Role of Carboxyl and Amine Termination on a Boron-Doped Diamond Solution Gate Field Effect Transistor (SGFET) for pH Sensing

Sensors (Basel). 2018 Jul 6;18(7):2178. doi: 10.3390/s18072178.

Abstract

In this paper, we report on the effect of carboxyl- and amine terminations on a boron-doped diamond surface (BDD) in relation to pH sensitivity. Carboxyl termination was achieved by anodization oxidation in Carmody buffer solution (pH 7). The carboxyl-terminated diamond surface was exposed to nitrogen radicals to generate an amine-terminated surface. The pH sensitivity of the carboxyl- and amine-terminated surfaces was measured from pH 2 to pH 12. The pH sensitivities of the carboxyl-terminated surface at low and high pH are 45 and 3 mV/pH, respectively. The pH sensitivity after amine termination is significantly higher—the pH sensitivities at low and high pH are 65 and 24 mV/pH, respectively.
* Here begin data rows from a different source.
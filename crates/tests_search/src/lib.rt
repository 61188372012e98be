//! Tests of the crates of search: first plans, plans by given setups, searches, leaves of prices and the root, with certificates
//! that are read again and checked; and of the models that `report` draws, whose items `wagner_whitin` plans.
//!
//! Family: tests. It stands on `own_plan`, `heur_build`, `first_plans`, `heur_lags`, `report`, `tree_search`, `heur_setup_lps`, `heur_setup_walks`,
//! `price_leaves`, `uncoupled`, `lp_root` and `branching` with its plugins (`search_plugins`, `price_plugin`, `heur_plugin`), and calls them
//! as any other crate does; nothing stands on it.
//!
//! Each crate that is tested has files of its own. The crate `fixtures` has what they make their instances of. `weak` is a guide
//! of `tree_search` that shows nothing before a point is reached.
#![tactic(auto)]

#[cfg(test)]
mod branching_tests;
#[cfg(test)]
mod first_plans_tests;
#[cfg(test)]
mod heur_lags_tests;
#[cfg(test)]
mod heur_setup_lps_tests;
#[cfg(test)]
mod heur_setup_walks_tests;
#[cfg(test)]
mod lp_root_tests;
#[cfg(test)]
mod price_leaves_tests;
#[cfg(test)]
mod report_generating_tests;
#[cfg(test)]
mod tree_search_tests;
#[cfg(test)]
mod uncoupled_certificate_tests;
#[cfg(test)]
mod weak;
We find that the negatively-charged surface properties of the carboxyl-terminated surface due to ionization of ⁻COOH causes very low pH detection in the high pH region (pH 7⁻12). In the case of the amine-terminated surface, the surface properties are interchangeable in both acidic and basic solutions; therefore, we observed pH detection at both low and high pH regions. The results presented here may provide molecular-level understanding of surface properties with charged ions in pH solutions. The understanding of these surface terminations on BDD substrate may be useful to design diamond-based biosensors.

Keywords: amine termination; boron-doped diamond; carboxyl termination; electrolyte-solution-gate field-effect-transistor; pH sensitivity; polycrystalline diamond.